Mutagenesis Experiments:
Insertional mutagenesis studies in mice support a role for this protein kinase in mouse cancer oncogenesis.
Mutation Rate in All Cancers:
Percent mutation rates per 100 amino acids length in human cancers: 0.11 % in 25431 diverse cancer specimens. This rate is a modest 1.4-fold higher than the average rate of 0.075 % calculated for human protein kinases in general.

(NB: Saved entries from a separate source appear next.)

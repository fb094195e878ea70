//! Progress, which is told on standard error where that is a terminal: how many lines were read,
//! and then how many of them were run. What it says isn't among what a run says of a fault.
ghost use Rattle.std.specs.Prelude.{◌≡◌};
ghost use Rattle.std.specs.Io.{ReadsAtMost, WritesAtMost};
ghost use Rattle.std.specs.Io.KnownBytes.{Keeps, ReadConsumes, WriteAppends};
ghost use Rattle.nb_runner.specs.Named.{named};

use crate::gates::Gate;
use std::io;
use std::io::{Read, Write};
use std::sync::atomic::{AtomicBool, AtomicU64, Ordering};

/// How many lines or commands there are from one word on progress to the next.
const EACH: u64 = 1 << 14;

/// What takes away the line on which progress was told.
const BLANK: &str = "\r                                                                \r";

/// What was read and run, as far as it was told.
#[derive(Drop)]
pub struct Progress<'a, P> {
    process: &'a P,
    is_told: bool,
    /// How many lines were read.
    lines: AtomicU64,
    /// How many commands were run. Each worker counts the last ones of a phase only where they make
    /// up `EACH`.
    commands: AtomicU64,
    /// Whether there is a line on which progress was told.
    is_open: AtomicBool,
}

impl<'a, P: Eprint> Progress<'a, P> {
    pub fn new(process: &'a P, is_told: bool) -> Progress<'a, P> {
        Progress {
            process,
            is_told,
            lines: AtomicU64::new(0),
            commands: AtomicU64::new(0),
            is_open: AtomicBool::new(false),
        }
    }

    /// Counts the lines that end in these bytes.
    fn count_lines(&self, bytes: &[u8]) {
        if !self.is_told {
            return;
        }
        let more = bytes.iter().filter(|byte| **byte == b'\n').count() as u64;
        let before = self.lines.fetch_add(more, Ordering::SeqCst);
        let lines = before.wrapping_add(more);
        if before / EACH < lines / EACH {
            self.is_open.store(true, Ordering::SeqCst);
            let _ = eprint!(self.process; "\r{lines} lines read");
        }
    }

    /// Counts `EACH` more commands.
    fn count_commands(&self) {
        if !self.is_told {
            return;
        }
        let commands = self
            .commands
            .fetch_add(EACH, Ordering::SeqCst)
            .wrapping_add(EACH);
        let lines = self.lines.load(Ordering::SeqCst);
        self.is_open.store(true, Ordering::SeqCst);
        let _ = eprint!(self.process; "\r{commands} of {lines} lines run");
    }

    /// Takes away the line on which progress was told, if there is one.
    fn end(&self) {
        if self.is_open.swap(false, Ordering::SeqCst) {
            let _ = eprint!(self.process; "{BLANK}");
        }
    }
}

impl<P: Eprint> Gate for Progress<'_, P> {
    fn before(&self, _worker: usize, _number: usize) {}

    fn after(&self, _worker: usize, number: usize) {
        if number as u64 % EACH == EACH - 1 {
            self.count_commands();
        }
    }
}

/// A stream of the process. The lines that are read from it are counted, and before something is
/// written to it the line is taken away on which progress was told.
#[derive(Drop)]
pub struct Watched<'a, P, S> {
    progress: &'a Progress<'a, P>,
    stream: &'a mut S,
}

impl<'a, P: Eprint, S> Watched<'a, P, S> {
    pub fn new(progress: &'a Progress<'a, P>, stream: &'a mut S) -> Watched<'a, P, S>
        ensures same_reference { result.stream.ghost_name ≡ stream.entry.ghost_name }
        ensures same { result.stream.now ≡ stream.old }
    {
        Watched { progress, stream }
    }
}

impl<P: Eprint, R: Read> Read for Watched<'_, P, R> {
    ghost remaining = { λ watched. R.remaining watched.stream.now };

    fn read(&mut self, buf: &mut [u8]) -> io::Result<usize> {
        let count = self.stream.read(buf)?;
        self.progress.count_lines(&buf[..count]);
        Ok(count)
    }
}

impl<P: Eprint, W: Write> Write for Watched<'_, P, W> {
    // Behind the name of the borrow come the bytes of the stream. A writer only adds to what it
    // holds, so the name stays: who gets the writer back knows that it still writes to that stream.
    ghost contents = { λ watched. named watched.stream.ghost_name (W.contents watched.stream.now) };

    fn write(&mut self, buf: &[u8]) -> io::Result<usize> {
        self.progress.end();
        self.stream.write(buf)
    }

    fn flush(&mut self) -> io::Result<()> {
        self.stream.flush()
    }
}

Mutation Rate in Specific Cancers:
Highest percent mutation rates per 100 amino acids length in human cancers: 1.99 % in 10 peritoneum cancers tested; 0.49 % in 1329 large intestine cancers tested; 0.3 % in 603 endometrium cancers tested; 0.25 % in 864 skin cancers tested; 0.24 % in 589 stomach cancers tested; 0.18 % in 548 urinary tract cancers tested; 0.16 % in 1957 lung cancers tested; 0.16 % in 127 biliary tract cancers tested; 0.12 % in 1512 liver cancers tested; 0.08 % in 2082 central nervous system cancers tested; 0.07 % in 273 cervix cancers tested; 0.06 % in 939 prostate cancers tested; 0.05 % in 441 autonomic ganglia cancers tested; 0.05 % in 1490 breast cancers tested.
Frequency of Mutated Sites:
Most frequent mutations with the number of reports indicated in brackets: N45S (6); S241L (6).
Comments:
Only 5 deletions, 4 insertions and no complex mutations are noted on the COSMIC website.